[Collected data entries]
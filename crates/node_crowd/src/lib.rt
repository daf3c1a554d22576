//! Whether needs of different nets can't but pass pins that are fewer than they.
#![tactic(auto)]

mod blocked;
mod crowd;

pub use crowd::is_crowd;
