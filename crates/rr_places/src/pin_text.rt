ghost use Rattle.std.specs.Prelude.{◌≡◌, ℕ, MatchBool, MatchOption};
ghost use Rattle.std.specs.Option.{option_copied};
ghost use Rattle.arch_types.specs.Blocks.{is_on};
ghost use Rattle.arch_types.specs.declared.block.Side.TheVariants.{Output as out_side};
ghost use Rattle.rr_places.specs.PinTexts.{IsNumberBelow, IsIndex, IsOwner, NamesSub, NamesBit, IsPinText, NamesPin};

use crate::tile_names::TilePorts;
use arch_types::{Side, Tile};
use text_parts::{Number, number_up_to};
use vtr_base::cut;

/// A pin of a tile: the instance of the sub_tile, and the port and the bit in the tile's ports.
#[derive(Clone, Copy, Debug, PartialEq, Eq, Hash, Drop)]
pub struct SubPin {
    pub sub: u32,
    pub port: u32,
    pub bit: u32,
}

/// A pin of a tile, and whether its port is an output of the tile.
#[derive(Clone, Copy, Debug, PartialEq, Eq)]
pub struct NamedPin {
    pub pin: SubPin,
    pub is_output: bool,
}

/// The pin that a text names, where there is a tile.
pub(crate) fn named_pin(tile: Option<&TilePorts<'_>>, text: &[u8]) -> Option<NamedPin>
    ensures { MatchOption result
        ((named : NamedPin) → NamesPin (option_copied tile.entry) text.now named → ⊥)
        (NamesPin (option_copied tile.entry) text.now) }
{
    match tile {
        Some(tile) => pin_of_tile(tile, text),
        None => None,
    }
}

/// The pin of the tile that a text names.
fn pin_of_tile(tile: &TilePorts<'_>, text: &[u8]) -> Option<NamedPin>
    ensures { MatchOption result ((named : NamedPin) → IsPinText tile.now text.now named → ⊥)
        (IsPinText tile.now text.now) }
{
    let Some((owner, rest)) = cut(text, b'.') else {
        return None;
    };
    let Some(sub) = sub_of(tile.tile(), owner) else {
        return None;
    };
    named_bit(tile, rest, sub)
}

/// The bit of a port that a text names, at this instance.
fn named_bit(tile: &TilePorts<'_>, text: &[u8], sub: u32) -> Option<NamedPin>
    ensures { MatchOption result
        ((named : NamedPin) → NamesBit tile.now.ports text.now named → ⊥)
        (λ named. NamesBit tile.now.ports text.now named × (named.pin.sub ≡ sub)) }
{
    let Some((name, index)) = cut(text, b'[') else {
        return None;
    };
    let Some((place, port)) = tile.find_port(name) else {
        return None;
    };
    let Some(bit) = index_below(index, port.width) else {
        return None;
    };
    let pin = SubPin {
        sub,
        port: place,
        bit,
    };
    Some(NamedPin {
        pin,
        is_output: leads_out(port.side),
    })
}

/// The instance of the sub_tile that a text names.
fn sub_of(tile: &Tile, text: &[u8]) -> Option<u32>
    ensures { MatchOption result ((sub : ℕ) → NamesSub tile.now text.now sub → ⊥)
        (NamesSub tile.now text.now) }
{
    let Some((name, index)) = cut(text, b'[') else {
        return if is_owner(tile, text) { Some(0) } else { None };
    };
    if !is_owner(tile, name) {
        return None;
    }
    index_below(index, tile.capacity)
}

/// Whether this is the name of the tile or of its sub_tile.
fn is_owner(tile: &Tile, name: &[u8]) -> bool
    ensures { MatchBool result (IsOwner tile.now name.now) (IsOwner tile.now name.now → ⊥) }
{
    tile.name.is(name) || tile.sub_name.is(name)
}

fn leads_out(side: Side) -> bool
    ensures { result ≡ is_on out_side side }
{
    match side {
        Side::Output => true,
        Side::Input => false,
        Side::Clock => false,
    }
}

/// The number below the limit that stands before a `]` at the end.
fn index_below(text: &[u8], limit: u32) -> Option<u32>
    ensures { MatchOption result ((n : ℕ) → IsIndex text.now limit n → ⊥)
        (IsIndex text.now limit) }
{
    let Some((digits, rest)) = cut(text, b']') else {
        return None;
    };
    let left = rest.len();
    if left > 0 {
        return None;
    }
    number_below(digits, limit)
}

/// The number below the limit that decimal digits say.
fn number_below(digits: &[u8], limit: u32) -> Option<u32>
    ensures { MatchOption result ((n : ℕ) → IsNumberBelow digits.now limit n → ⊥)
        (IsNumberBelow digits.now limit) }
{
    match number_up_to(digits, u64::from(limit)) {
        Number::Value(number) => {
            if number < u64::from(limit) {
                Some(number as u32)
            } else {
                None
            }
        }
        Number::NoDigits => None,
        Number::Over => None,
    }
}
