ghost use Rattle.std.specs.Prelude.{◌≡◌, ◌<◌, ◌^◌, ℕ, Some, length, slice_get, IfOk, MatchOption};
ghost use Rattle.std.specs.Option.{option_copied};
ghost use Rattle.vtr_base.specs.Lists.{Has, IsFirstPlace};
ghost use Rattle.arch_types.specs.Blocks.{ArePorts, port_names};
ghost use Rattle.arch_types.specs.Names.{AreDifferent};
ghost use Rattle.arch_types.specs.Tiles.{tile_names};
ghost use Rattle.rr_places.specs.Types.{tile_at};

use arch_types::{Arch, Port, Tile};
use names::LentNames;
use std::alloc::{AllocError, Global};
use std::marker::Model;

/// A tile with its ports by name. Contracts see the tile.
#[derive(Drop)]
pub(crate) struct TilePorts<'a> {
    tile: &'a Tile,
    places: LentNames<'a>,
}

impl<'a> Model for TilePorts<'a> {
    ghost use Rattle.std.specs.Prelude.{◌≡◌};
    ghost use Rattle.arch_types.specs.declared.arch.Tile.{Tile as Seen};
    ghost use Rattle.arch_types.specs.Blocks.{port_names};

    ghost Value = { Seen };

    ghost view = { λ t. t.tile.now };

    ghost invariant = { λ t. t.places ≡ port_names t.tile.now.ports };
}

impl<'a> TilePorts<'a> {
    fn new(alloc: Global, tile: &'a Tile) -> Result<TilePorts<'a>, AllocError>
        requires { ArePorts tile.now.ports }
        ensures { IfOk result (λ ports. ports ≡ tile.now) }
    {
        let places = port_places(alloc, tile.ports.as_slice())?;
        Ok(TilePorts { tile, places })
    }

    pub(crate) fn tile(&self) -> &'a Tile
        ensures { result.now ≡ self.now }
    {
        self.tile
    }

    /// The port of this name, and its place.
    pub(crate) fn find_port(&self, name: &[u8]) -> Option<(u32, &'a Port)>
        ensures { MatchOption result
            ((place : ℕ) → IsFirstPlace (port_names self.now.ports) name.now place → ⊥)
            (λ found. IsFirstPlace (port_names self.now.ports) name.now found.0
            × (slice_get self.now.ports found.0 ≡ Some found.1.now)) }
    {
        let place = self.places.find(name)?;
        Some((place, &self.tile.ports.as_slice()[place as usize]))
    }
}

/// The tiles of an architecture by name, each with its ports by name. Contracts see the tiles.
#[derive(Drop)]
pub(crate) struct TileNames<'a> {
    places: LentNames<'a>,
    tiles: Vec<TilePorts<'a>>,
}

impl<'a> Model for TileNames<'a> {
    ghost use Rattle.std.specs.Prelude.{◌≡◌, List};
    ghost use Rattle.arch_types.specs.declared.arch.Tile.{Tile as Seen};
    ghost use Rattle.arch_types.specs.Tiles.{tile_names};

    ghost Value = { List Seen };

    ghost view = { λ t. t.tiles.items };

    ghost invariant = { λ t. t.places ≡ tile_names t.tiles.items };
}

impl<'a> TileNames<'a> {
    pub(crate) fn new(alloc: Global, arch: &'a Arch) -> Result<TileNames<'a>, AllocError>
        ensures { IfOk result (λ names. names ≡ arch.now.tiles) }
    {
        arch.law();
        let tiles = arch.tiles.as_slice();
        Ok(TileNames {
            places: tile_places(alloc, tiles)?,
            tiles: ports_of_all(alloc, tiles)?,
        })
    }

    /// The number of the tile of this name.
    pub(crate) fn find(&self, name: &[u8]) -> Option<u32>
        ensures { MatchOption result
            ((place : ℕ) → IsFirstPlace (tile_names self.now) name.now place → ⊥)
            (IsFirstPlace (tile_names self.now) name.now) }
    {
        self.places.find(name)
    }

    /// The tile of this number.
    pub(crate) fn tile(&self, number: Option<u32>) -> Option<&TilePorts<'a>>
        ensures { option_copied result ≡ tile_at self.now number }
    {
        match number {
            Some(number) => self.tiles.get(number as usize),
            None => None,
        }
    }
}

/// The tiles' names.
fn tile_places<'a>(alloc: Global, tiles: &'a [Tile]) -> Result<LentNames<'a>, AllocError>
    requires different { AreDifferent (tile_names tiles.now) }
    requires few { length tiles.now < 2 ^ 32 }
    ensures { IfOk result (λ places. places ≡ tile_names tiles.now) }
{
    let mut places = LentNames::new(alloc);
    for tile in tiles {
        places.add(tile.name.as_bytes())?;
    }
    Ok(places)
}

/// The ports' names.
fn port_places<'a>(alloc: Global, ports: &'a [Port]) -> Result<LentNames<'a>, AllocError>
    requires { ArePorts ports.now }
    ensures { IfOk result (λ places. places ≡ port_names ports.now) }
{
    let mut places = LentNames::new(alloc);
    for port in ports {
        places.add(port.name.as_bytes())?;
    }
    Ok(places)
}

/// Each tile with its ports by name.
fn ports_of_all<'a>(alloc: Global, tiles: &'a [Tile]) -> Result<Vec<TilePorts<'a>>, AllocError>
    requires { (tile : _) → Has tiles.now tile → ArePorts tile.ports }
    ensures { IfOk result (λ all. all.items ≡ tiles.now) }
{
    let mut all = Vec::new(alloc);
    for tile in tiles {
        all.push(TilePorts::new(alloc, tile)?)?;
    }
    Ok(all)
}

--

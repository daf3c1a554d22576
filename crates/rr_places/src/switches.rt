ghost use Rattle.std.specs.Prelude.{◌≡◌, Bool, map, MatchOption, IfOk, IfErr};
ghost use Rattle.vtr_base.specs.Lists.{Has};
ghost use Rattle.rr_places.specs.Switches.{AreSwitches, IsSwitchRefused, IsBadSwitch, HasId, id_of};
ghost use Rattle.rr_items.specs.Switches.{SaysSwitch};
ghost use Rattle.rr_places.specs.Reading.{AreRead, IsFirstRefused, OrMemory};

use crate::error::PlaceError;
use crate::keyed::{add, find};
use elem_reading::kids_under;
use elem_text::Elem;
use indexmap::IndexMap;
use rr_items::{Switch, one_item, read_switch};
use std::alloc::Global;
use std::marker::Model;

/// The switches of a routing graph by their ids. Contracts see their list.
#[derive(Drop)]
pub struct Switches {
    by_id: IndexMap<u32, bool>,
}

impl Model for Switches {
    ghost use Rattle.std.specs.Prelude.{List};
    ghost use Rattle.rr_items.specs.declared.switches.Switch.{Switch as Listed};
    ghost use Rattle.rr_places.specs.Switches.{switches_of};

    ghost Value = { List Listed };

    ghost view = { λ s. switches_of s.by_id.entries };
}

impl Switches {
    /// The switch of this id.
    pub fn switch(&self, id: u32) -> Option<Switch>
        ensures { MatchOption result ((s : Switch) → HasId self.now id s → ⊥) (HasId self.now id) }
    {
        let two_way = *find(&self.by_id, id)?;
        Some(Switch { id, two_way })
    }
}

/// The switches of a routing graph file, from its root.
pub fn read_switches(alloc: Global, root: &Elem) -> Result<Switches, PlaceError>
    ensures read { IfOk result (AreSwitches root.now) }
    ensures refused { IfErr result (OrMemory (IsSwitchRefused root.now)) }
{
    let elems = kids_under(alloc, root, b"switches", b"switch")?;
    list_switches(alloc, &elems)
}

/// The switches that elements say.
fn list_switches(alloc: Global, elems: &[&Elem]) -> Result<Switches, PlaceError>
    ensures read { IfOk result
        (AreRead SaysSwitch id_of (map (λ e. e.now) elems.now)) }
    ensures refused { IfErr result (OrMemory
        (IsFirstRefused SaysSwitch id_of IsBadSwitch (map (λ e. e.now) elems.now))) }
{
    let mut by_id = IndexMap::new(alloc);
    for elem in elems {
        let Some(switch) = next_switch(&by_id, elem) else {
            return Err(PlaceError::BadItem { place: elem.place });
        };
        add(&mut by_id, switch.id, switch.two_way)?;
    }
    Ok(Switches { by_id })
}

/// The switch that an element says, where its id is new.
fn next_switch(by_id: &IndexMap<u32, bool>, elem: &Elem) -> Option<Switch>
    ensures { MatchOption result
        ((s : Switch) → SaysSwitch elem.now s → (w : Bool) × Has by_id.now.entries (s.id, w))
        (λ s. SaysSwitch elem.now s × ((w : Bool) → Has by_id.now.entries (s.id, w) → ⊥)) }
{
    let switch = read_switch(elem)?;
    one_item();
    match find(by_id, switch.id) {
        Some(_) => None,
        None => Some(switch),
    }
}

__Directions for this task__: Of the lines above, retype only those from the line containing "filename crates/node_crowd/src/lib.rt" through the line containing "((named : NamedPin) → NamesBit", including both, exactly.

__Answer box__:
filename crates/node_crowd/src/lib.rt
repository daf3c1a554d22576
//! Whether needs of different nets can't but pass pins that are fewer than they.
#![tactic(auto)]

mod blocked;
mod crowd;

pub use crowd::is_crowd;
filename crates/rr_places/src/pin_text.rt
ghost use Rattle.std.specs.Prelude.{◌≡◌, ℕ, MatchBool, MatchOption};
ghost use Rattle.std.specs.Option.{option_copied};
ghost use Rattle.arch_types.specs.Blocks.{is_on};
ghost use Rattle.arch_types.specs.declared.block.Side.TheVariants.{Output as out_side};
ghost use Rattle.rr_places.specs.PinTexts.{IsNumberBelow, IsIndex, IsOwner, NamesSub, NamesBit, IsPinText, NamesPin};

use crate::tile_names::TilePorts;
use arch_types::{Side, Tile};
use text_parts::{Number, number_up_to};
use vtr_base::cut;

/// A pin of a tile: the instance of the sub_tile, and the port and the bit in the tile's ports.
#[derive(Clone, Copy, Debug, PartialEq, Eq, Hash, Drop)]
pub struct SubPin {
    pub sub: u32,
    pub port: u32,
    pub bit: u32,
}

/// A pin of a tile, and whether its port is an output of the tile.
#[derive(Clone, Copy, Debug, PartialEq, Eq)]
pub struct NamedPin {
    pub pin: SubPin,
    pub is_output: bool,
}

/// The pin that a text names, where there is a tile.
pub(crate) fn named_pin(tile: Option<&TilePorts<'_>>, text: &[u8]) -> Option<NamedPin>
    ensures { MatchOption result
        ((named : NamedPin) → NamesPin (option_copied tile.entry) text.now named → ⊥)
        (NamesPin (option_copied tile.entry) text.now) }
{
    match tile {
        Some(tile) => pin_of_tile(tile, text),
        None => None,
    }
}

/// The pin of the tile that a text names.
fn pin_of_tile(tile: &TilePorts<'_>, text: &[u8]) -> Option<NamedPin>
    ensures { MatchOption result ((named : NamedPin) → IsPinText tile.now text.now named → ⊥)
        (IsPinText tile.now text.now) }
{
    let Some((owner, rest)) = cut(text, b'.') else {
        return None;
    };
    let Some(sub) = sub_of(tile.tile(), owner) else {
        return None;
    };
    named_bit(tile, rest, sub)
}

/// The bit of a port that a text names, at this instance.
fn named_bit(tile: &TilePorts<'_>, text: &[u8], sub: u32) -> Option<NamedPin>
    ensures { MatchOption result
        ((named : NamedPin) → NamesBit tile.now.ports text.now named → ⊥)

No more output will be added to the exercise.